Materials and methods

Study Design

This study was conducted in accordance with the approved protocol from the Institutional Review Board (IRB 2018-4362) for clinical research in human subjects at UC Irvine, with the informed consent of each patient. Our study focused on investigating the effects of punch grafting and nbUVB treatment on vitiligo lesions using RCM and MPM imaging technologies.

Punch grafting is a surgical procedure involving the transplantation of 1 mm pieces of normal epidermis (commonly from the thigh area) into vitiligo-affected skin to establish a reservoir of melanocytes for repigmentation [50]. The procedure was performed by a board-certified dermatologist (AKG) and nbUVB therapy was initiated one week later. The inclusion criteria for stable vitiligo lesions required stability for at least one year and the absence of koebnerization, confetti-like depigmentation or trichome [51]. Patients were unresponsive to past treatment attempts, and had no treatment in the three months before imaging for this study.

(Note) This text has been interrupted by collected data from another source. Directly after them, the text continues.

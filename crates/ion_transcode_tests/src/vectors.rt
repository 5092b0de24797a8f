//! Sentences of the format, each with inputs that are accepted and that are refused, through whole
//! runs: as they are, in two pieces cut at each place, a byte a read, cut short, and with a byte replaced.
//!
//! The tables are written by tests/vectors/make.py. What must come of an input is there taken from a
//! program that shares nothing with the crates.

mod binary_containers;
mod binary_heads;
mod binary_scalars;
mod binary_timestamps;
mod catalogues;
mod endings;
mod floats_binary;
mod floats_text;
mod symbols_binary;
mod symbols_imports;
mod symbols_text;
mod text_containers;
mod text_lobs;
mod text_numbers;
mod text_strings;
mod text_symbols;
mod text_timestamps;
mod text_tokens;

use super::devices;
use super::devices::Giving;
use super::rows::{Verdict, next_bytes, next_checksum, next_verdict};
use super::runs::{LIMITS, refused, text};
use super::same::{same, same_at};
use ion_meter::fault::{Fault, Reason};
use ion_meter::limits::Limits;
use ion_meter::meter::Meter;
use ion_meter::profile::Profile;
use ion_meter::stream::{FromRead, ToWrite};
use ion_test_support::fields::{Fields, is_row};
use ion_transcode::load::load_catalog;
use ion_transcode::run::run_with;
use ion_transcode::to::{Form, Summary, To};
use std::alloc::Global;
use std::process::Abort;

/// An input of a sentence.
#[derive(Clone, Copy)]
struct Vector<'a> {
    sentence: &'a str,
    /// The row of the table.
    row: &'a str,
    input: &'a [u8],
    verdict: Verdict,
    /// What is written of it as text, and as binary.
    shown: &'a [u8],
    converted: &'a [u8],
    /// The checksum over the answers to all mangled inputs.
    whole: u64,
    /// For each place the checksum of the answers to the input cut short there and with each of `OTHERS` there, cut
    /// to a character.
    marks: &'a [u8],
}

/// What may stand in the place of a byte.
const OTHERS: [u8; 4] = [0x00, 0x7F, 0x80, 0xFF];

/// The targets of each input, in their order in a checksum.
const TARGETS: [To; 3] = [To::Text, To::Nothing, To::Binary];

/// Checksums are FNV-1a of 64 bits.
const SEED: u64 = 0xCBF2_9CE4_8422_2325;

/// The checksum of some bytes after those of this one.
fn put(sum: u64, bytes: &[u8]) -> u64 {
    let mut sum = sum;
    for byte in bytes {
        sum = (sum ^ u64::from(*byte)).wrapping_mul(0x100_0000_01B3);
    }
    sum
}

/// What a run answers: its verdict, and what it wrote.
type Answer = (Result<Summary, Fault>, Vec<u8>);

/// The checksum with an answer: a code, a place or how many values, and the output with its length.
fn put_answer(sum: u64, answer: &Answer) -> u64 {
    let (code, number) = match answer.0 {
        Ok(summary) => (
            if summary.form == Form::Text { 0 } else { 255 },
            summary.values,
        ),
        Err(Fault::Refused(reason, place)) => (reason.number(), place),
        Err(_) => (254, 0),
    };
    let output = answer.1.as_slice();
    let sum = put(put(sum, &[code]), &number.to_le_bytes());
    put(put(sum, &(output.len() as u64).to_le_bytes()), output)
}

/// What is the same in each run of a table.
#[derive(Clone, Copy)]
enum Beside<'a> {
    /// The inputs are streams, read with this catalogue.
    Catalogue(&'a [u8]),
    /// The inputs are streams, read with no catalogue, in which all floats are read.
    Floats,
    /// The inputs are catalogues, with which this stream is read.
    Stream(&'a [u8]),
}

/// What a run answers of a stream with a catalogue; where the catalogue is refused, its fault. All
/// memory has to be given back.
fn answer_with(
    rt: &impl Abort,
    alloc: Global,
    profile: Profile,
    catalogue: Giving<'_>,
    stream: Giving<'_>,
    to: To,
) -> Answer {
    assert!(rt; LIMITS.check());
    let mut kept = Meter::new(alloc);
    let (loaded, _input) = load_catalog(&mut kept, LIMITS, FromRead::new(catalogue));
    let catalog = match loaded {
        Ok(catalog) => catalog,
        Err(fault) => return (Err(fault), Vec::new(alloc)),
    };
    let mut meter = Meter::new(alloc);
    let input = FromRead::new(stream);
    let output = ToWrite::new(Vec::new(alloc));
    let (outcome, _input, output) = run_with(
        &mut meter, &catalog, LIMITS, profile, to, input, output,
    );
    same(rt, meter.held(), 0);
    catalog.release(&mut kept);
    same(rt, kept.held(), 0);
    (outcome, output.into_inner())
}

/// What a run answers of an input.
fn answer(rt: &impl Abort, alloc: Global, beside: Beside<'_>, input: Giving<'_>, to: To) -> Answer {
    let (profile, catalogue, stream) = match beside {
        Beside::Catalogue(bytes) => (Profile::strict(), Giving::all(bytes, bytes.len()), input),
        Beside::Floats => (Profile::floats(), Giving::all(b"", 0), input),
        Beside::Stream(bytes) => (Profile::strict(), input, Giving::all(bytes, bytes.len())),
    };
    answer_with(rt, alloc, profile, catalogue, stream, to)
}

/// What is wanted of a whole input, where it is not written as pretty text.
fn wanted<'a>(
    beside: Beside<'_>,
    vector: Vector<'a>,
    to: To,
) -> (Result<Summary, Fault>, &'a [u8]) {
    let form = match beside {
        Beside::Catalogue(_) | Beside::Floats if vector.input.starts_with(b"\xE0") => Form::Binary,
        _ => Form::Text,
    };
    let written = match (to, form) {
        (To::Nothing, _) => b"".as_slice(),
        (To::Binary, Form::Binary) => {
            return (Err(Fault::Refused(Reason::SameForm, 0)), b"");
        }
        (To::Text, _) | (To::Other, Form::Binary) => vector.shown,
        _ => vector.converted,
    };
    match vector.verdict {
        Ok(values) => (Ok(Summary { form, values }), written),
        Err(fault) => (Err(fault), written),
    }
}

/// Asserts what comes of an input in these pieces.
fn expect_pieces(
    rt: &impl Abort,
    alloc: Global,
    beside: Beside<'_>,
    vector: Vector<'_>,
    at: usize,
    pieces: Giving<'_>,
) {
    for to in [To::Text, To::Nothing, To::Binary, To::Other] {
        let (outcome, output) = answer(rt, alloc, beside, pieces, to);
        let want = wanted(beside, vector, to);
        let given = (outcome, output.as_slice());
        same_at(rt, vector.sentence, vector.row, at, given, want);
    }
}

/// Asserts that an input has its verdict where it is written as pretty text, and that this shows the same if
/// it is accepted.
fn expect_pretty(rt: &impl Abort, alloc: Global, beside: Beside<'_>, vector: Vector<'_>) {
    let input = Giving::all(vector.input, vector.input.len());
    let (outcome, pretty) = answer(rt, alloc, beside, input, To::Pretty);
    let (want, shown) = wanted(beside, vector, To::Text);
    same_at(rt, vector.sentence, vector.row, 0, outcome, want);
    if outcome.is_err() {
        return;
    }
    if let Beside::Stream(_) = beside {
        return;
    }
    let again = Giving::all(pretty.as_slice(), pretty.len());
    let (_outcome, output) = answer(rt, alloc, beside, again, To::Text);
    same_at(rt, vector.sentence, vector.row, 0, output.as_slice(), shown);
}

/// Asserts what comes of a whole input, a byte a read, and in one piece or two.
fn expect_whole(rt: &impl Abort, alloc: Global, beside: Beside<'_>, vector: Vector<'_>) {
    let input = vector.input;
    expect_pretty(rt, alloc, beside, vector);
    expect_pieces(rt, alloc, beside, vector, 0, Giving::all(input, 1));
    for at in 0..=input.len() {
        expect_pieces(rt, alloc, beside, vector, at, Giving::cut(input, at));
    }
}

/// The checksum of what comes of an input with each target.
fn sum_of(rt: &impl Abort, alloc: Global, beside: Beside<'_>, input: &[u8]) -> u64 {
    let mut sum = SEED;
    for to in TARGETS {
        let answer = answer(rt, alloc, beside, Giving::all(input, input.len()), to);
        sum = put_answer(sum, &answer);
    }
    sum
}

/// The checksum over some checksums.
fn folded(sums: &[u64]) -> u64 {
    let mut whole = SEED;
    for sum in sums {
        whole = put(whole, &sum.to_le_bytes());
    }
    whole
}

/// The checksums of what comes of some octets when they are cut short at a place, and when they have
/// each of `OTHERS` there.
fn sums_at(
    rt: &impl Abort,
    alloc: Global,
    beside: Beside<'_>,
    octets: &mut [u8],
    place: usize,
) -> [u64; 5] {
    assert!(rt; place < octets.len());
    let octet = octets[place];
    let mut sums = [0; 5];
    sums[0] = sum_of(rt, alloc, beside, &octets[..place]);
    for other in 0..4 {
        octets[place] = OTHERS[other];
        sums[other + 1] = sum_of(rt, alloc, beside, octets);
    }
    octets[place] = octet;
    sums
}

/// Asserts what comes of an input, of which these are the octets, when it is cut short or has another one.
fn expect_mangled(
    rt: &impl Abort,
    alloc: Global,
    beside: Beside<'_>,
    vector: Vector<'_>,
    octets: &mut [u8],
) {
    let mut places = SEED;
    for place in 0..vector.input.len() {
        let sums = sums_at(rt, alloc, beside, octets, place);
        let sum = folded(&sums);
        let mark = b'#' + (sum % 57) as u8;
        let want = (vector.marks.get(place), sums);
        same_at(
            rt,
            vector.sentence,
            vector.row,
            place,
            (Some(&mark), sums),
            want,
        );
        places = put(places, &sum.to_le_bytes());
    }
    let length = vector.input.len();
    same_at(
        rt,
        vector.sentence,
        vector.row,
        length,
        places,
        vector.whole,
    );
}

/// Asserts what comes of the input of a row, whole and mangled.
fn expect_row(rt: &impl Abort, alloc: Global, beside: Beside<'_>, sentence: &str, row: &str) {
    let mut fields = Fields::of(row);
    let input = next_bytes(rt, alloc, &mut fields);
    let verdict = next_verdict(rt, &mut fields);
    let shown = next_bytes(rt, alloc, &mut fields);
    let converted = next_bytes(rt, alloc, &mut fields);
    let whole = next_checksum(rt, &mut fields);
    let marks = fields.text().as_bytes();
    assert!(rt; fields.is_read());
    let vector = Vector {
        sentence,
        row,
        input: input.as_slice(),
        verdict,
        shown: shown.as_slice(),
        converted: converted.as_slice(),
        whole,
        marks,
    };
    expect_whole(rt, alloc, beside, vector);
    let mut octets = next_bytes(rt, alloc, &mut Fields::of(row));
    expect_mangled(rt, alloc, beside, vector, octets.as_mut_slice());
}

/// Asserts what comes of the inputs of a sentence.
fn expect_sentence(rt: &impl Abort, alloc: Global, beside: Beside<'_>, sentence: &str, rows: &str) {
    let mut is_met = false;
    for row in rows.split('\n') {
        if is_row(row) {
            expect_row(rt, alloc, beside, sentence, row);
            is_met = true;
        }
    }
    assert!(rt; is_met);
}

/// Asserts what comes of the inputs of a table. A sentence has `~` before it, and its inputs are the rows after it.
fn expect_rows(rt: &impl Abort, alloc: Global, beside: Beside<'_>, table: &str) {
    for part in table.split('~') {
        match part.split_once('\n') {
            Some((sentence, rows)) if !sentence.is_empty() => {
                expect_sentence(rt, alloc, beside, sentence, rows);
            }
            _ => {}
        }
    }
}

#[test]
fn binary_sentences(rt: HostRuntime) {
    let beside = Beside::Catalogue(b"");
    expect_rows(&rt, rt.alloc(), beside, binary_heads::ROWS);
    expect_rows(&rt, rt.alloc(), beside, binary_scalars::ROWS);
    expect_rows(&rt, rt.alloc(), beside, binary_containers::ROWS);
    expect_rows(&rt, rt.alloc(), beside, binary_timestamps::ROWS);
    expect_rows(&rt, rt.alloc(), beside, endings::ROWS);
}

#[test]
fn tokens_of_text(rt: HostRuntime) {
    let beside = Beside::Catalogue(b"");
    expect_rows(&rt, rt.alloc(), beside, text_tokens::ROWS);
}

#[test]
fn numbers_of_text(rt: HostRuntime) {
    let beside = Beside::Catalogue(b"");
    expect_rows(&rt, rt.alloc(), beside, text_numbers::ROWS);
}

#[test]
fn floats_of_both_forms(rt: HostRuntime) {
    expect_rows(&rt, rt.alloc(), Beside::Floats, floats_text::ROWS);
    expect_rows(&rt, rt.alloc(), Beside::Floats, floats_binary::ROWS);
}

#[test]
fn timestamps_of_text(rt: HostRuntime) {
    let beside = Beside::Catalogue(b"");
    expect_rows(&rt, rt.alloc(), beside, text_timestamps::ROWS);
}

#[test]
fn strings_of_text(rt: HostRuntime) {
    let beside = Beside::Catalogue(b"");
    expect_rows(&rt, rt.alloc(), beside, text_strings::ROWS);
}

#[test]
fn symbols_of_text(rt: HostRuntime) {
    let beside = Beside::Catalogue(b"");
    expect_rows(&rt, rt.alloc(), beside, text_symbols::ROWS);
}

#[test]
fn containers_of_text(rt: HostRuntime) {
    let beside = Beside::Catalogue(b"");
    expect_rows(&rt, rt.alloc(), beside, text_containers::ROWS);
}

#[test]
fn lobs_of_text(rt: HostRuntime) {
    let beside = Beside::Catalogue(b"");
    expect_rows(&rt, rt.alloc(), beside, text_lobs::ROWS);
}

#[test]
fn symbol_sentences(rt: HostRuntime) {
    let beside = Beside::Catalogue(symbols_text::CATALOGUE.as_bytes());
    expect_rows(&rt, rt.alloc(), beside, symbols_text::ROWS);
    expect_rows(&rt, rt.alloc(), beside, symbols_imports::ROWS);
    expect_rows(&rt, rt.alloc(), beside, symbols_binary::ROWS);
    let beside = Beside::Stream(catalogues::STREAM.as_bytes());
    expect_rows(&rt, rt.alloc(), beside, catalogues::ROWS);
}

/// Octets of a pad, and bytes of a comment.
const OCTETS: [u8; 4_096] = [0xE0; 4_096];

// 8,388,608 octets of a pad or of a comment are passed over; a scalar of so many is refused by its
// length.
#[test]
fn long_inputs(rt: HostRuntime) {
    let limits = Limits {
        scalar: 1,
        ..LIMITS
    };
    let pad = b"\xE0\x01\x00\xEA\x0E\x04\x00\x00\x80";
    let clob = b"\xE0\x01\x00\xEA\x9E\x04\x00\x00\x80";
    let form = Form::Binary;
    let rows = [
        (
            pad.as_slice(),
            b"".as_slice(),
            Ok(Summary { form, values: 0 }),
            b"".as_slice(),
        ),
        (pad, b"\x20", Ok(Summary { form, values: 1 }), b"0\n"),
        (clob, b"", refused(Reason::ScalarLimit, 4), b""),
        (b"/*", b"*/7", text(1), b"7\n"),
        (b"//", b"\n7", text(1), b"7\n"),
    ];
    for (first, last, want, shown) in rows {
        let reader = Giving {
            again: &OCTETS,
            times: 2_048,
            last,
            ..Giving::all(first, 4_096)
        };
        for (to, written) in [(To::Text, shown), (To::Nothing, b"")] {
            let output = Vec::new(rt.alloc());
            let (outcome, output) = devices::answer(&rt, rt.alloc(), limits, to, reader, output);
            let given = (first, outcome, output.as_slice());
            same(&rt, given, (first, want, written));
        }
    }
}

Non-lesional sites on the thigh, exhibiting normal-appearance and absence of depigmentation under Wood’s lamp examination, were selected as the donor site for the punch grafting procedure. To ensure consistency, the area of interest after punch grafting was photographed using an iPad with a dermatoscope attachment, with anatomical landmarks serving as reference points for consistent imaging location.

A total of 11 patients with stable vitiligo were enrolled in this study with 12 lesions imaged. The vitiligo lesions were distributed across various locations, including wrist (2), hand (2), leg (5), arm (1), back (1) and face (1) (Table 1). Imaging sessions took place at baseline (before treatment initiation) and at 3, 6, and 10 weeks following the punch grafting and nbUVB treatment.

RCM Imaging

We employed the Vivascope 1500 (CaliberID, MA, USA) for in vivo RCM imaging of vitiligo patients. This imaging system utilized an 830nm diode laser, a 30x objective with a numerical aperture of 0.9. The RCM images were obtained as z-stacks of en-face images, capturing the stratum corneum to the superficial dermis with a 5μm step size. Tile mosaics of en-face images were also acquired, covering areas of up to 6 × 6 mm. Each individual en-face image had a field-of-view of 500 × 500 μm².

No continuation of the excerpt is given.